Task objective: The answer must be a single number: how many lines of the records below hold the word "over".
====== Entries shown ======
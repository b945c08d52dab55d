use anyhow::{Error, Result};
use complex::C64;
use lattice::Plan;
use rows::{Refusal, row_and_value};
use sample::hash::{Bits, Fnv};
use sample::inputs::{Kind, link};

const PLANES: [(usize, usize); 6] = [(0, 1), (0, 2), (0, 3), (1, 2), (1, 3), (2, 3)];

// Makes every link of a field by itself: link n is the one of direction n / sites at site n % sites.
pub fn fill(kind: Kind, links: &mut [f64]) {
    let sites = links.len() / 72;
    if sites == 0 {
        return;
    }
    for (n, numbers) in links.chunks_exact_mut(18).enumerate() {
        let u = link(kind, (n / sites) as u64, (n % sites) as u64);
        links::store(numbers, 0, u);
    }
}

fn plaquettes(extents: [usize; 4], links: &[f64]) -> Fnv {
    Fnv::over(links.len() / 72, |site| {
        PLANES.map(|(mu, nu)| lattice::plaquette(extents, site, mu, nu, links))
    })
}

fn staples(plan: Plan, links: &[f64]) -> Fnv {
    Fnv::over(links.len() / 72, |site| {
        [0, 1, 2, 3].map(|mu| lattice::staple(plan, site, mu, links))
    })
}

// A refusal's row, or 0, and a number, or +0.
pub fn number_line(rt: &impl Print, label: &str, r: Result<f64, Refusal>) -> Result<()> {
    let (row, x) = row_and_value(r, 0.0);
    let x = Bits(x);
    println!(rt; "{label} {row} {x}")?;
    Ok(())
}

fn loop_line(rt: &impl Print, extents: [usize; 4], links: &[f64]) -> Result<()> {
    let (row, z) = row_and_value(lattice::polyakov_loop(extents, links), C64::ZERO);
    let re = Bits(z.re);
    let im = Bits(z.im);
    println!(rt; "polyakov_loop {row} {re} {im}")?;
    Ok(())
}

// The list has room for every link of the largest field.
fn check_line(rt: &impl Print, extents: [usize; 4], links: &[f64]) -> Result<()> {
    let mut found = [0u32; 384];
    let count = lattice::link_check(extents, links, &mut found).map_err(Error::msg)?;
    let h = found.iter().take(count).fold(Fnv::EMPTY, |h, n| h.add(*n));
    println!(rt; "link_check {count} {h}")?;
    Ok(())
}

// The lines of a field of a kind, which is made here in a list of its length.
pub fn lines(rt: &impl Print, extents: [usize; 4], kind: Kind, links: &mut [f64]) -> Result<()> {
    fill(kind, links);
    println!(rt; "field {kind} {}", Fnv::of(&*links))?;
    let plan = Plan {
        extents,
        coupling: 5.75,
        seed: 0,
        pass: 0,
    };
    number_line(
        rt,
        "average_plaquette",
        lattice::average_plaquette(extents, links),
    )?;
    number_line(rt, "action", lattice::action(plan, links))?;
    loop_line(rt, extents, links)?;
    println!(rt; "plaquettes {}", plaquettes(extents, links))?;
    println!(rt; "staples {}", staples(plan, links))?;
    check_line(rt, extents, links)
}
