use anyhow::Result;
use complex::C64;
use sample::hash::{Fnv, Hashed};

// Number k of the sixteen, over and over. No table: a constant array is copied at each use.
fn number(k: usize) -> f64 {
    match k % 16 {
        0 => 0.0,
        1 => -0.0,
        2 => 1.0,
        3 => -1.0,
        4 => 0.1,
        5 => -0.3,
        6 => 1e16,
        // The first subnormal, and the last one.
        7 => 5e-324,
        8 => -2.225073858507201e-308,
        9 => f64::MIN_POSITIVE,
        10 => -1.5e-162,
        11 => 1e200,
        12 => f64::MIN,
        13 => f64::INFINITY,
        14 => f64::NEG_INFINITY,
        _ => f64::NAN,
    }
}

// A line for a call: the hash of its answers to every four of the numbers, picked by four hexadecimal digits.
fn line<T: Hashed, F: Fn(C64, C64) -> T>(rt: &impl Print, name: &str, call: F) -> Result<()>
    requires { F.IsAlwaysCallable call }
{
    let h = Fnv::over(65536, |i| {
        let a = C64::new(number(i / 4096), number(i / 256));
        let b = C64::new(number(i / 16), number(i));
        call(a, b)
    });
    println!(rt; "complex {name} {h}")?;
    Ok(())
}

fn constants_line(rt: &impl Print) -> Result<()> {
    let h = Fnv::of(C64::ZERO).add(C64::ONE).add(C64::I);
    println!(rt; "complex constants {h}")?;
    Ok(())
}

// A line for the constants, and one for each call on complex numbers.
pub fn lines(rt: &impl Print) -> Result<()> {
    constants_line(rt)?;
    line(rt, "new", |a, _| C64::new(a.re, a.im))?;
    line(rt, "conj", |a, _| a.conj())?;
    line(rt, "norm_sqr", |a, _| a.norm_sqr())?;
    line(rt, "scale", |a, b| a.scale(b.re))?;
    line(rt, "add", |a, b| a + b)?;
    line(rt, "sub", |a, b| a - b)?;
    line(rt, "mul", |a, b| a * b)?;
    line(rt, "neg", |a, _| -a)
}
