// What counted loops leave: definitions (specs/) and laws (proofs/) for every crate. There is no code here.
#![tactic(auto)]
======
Response below: 4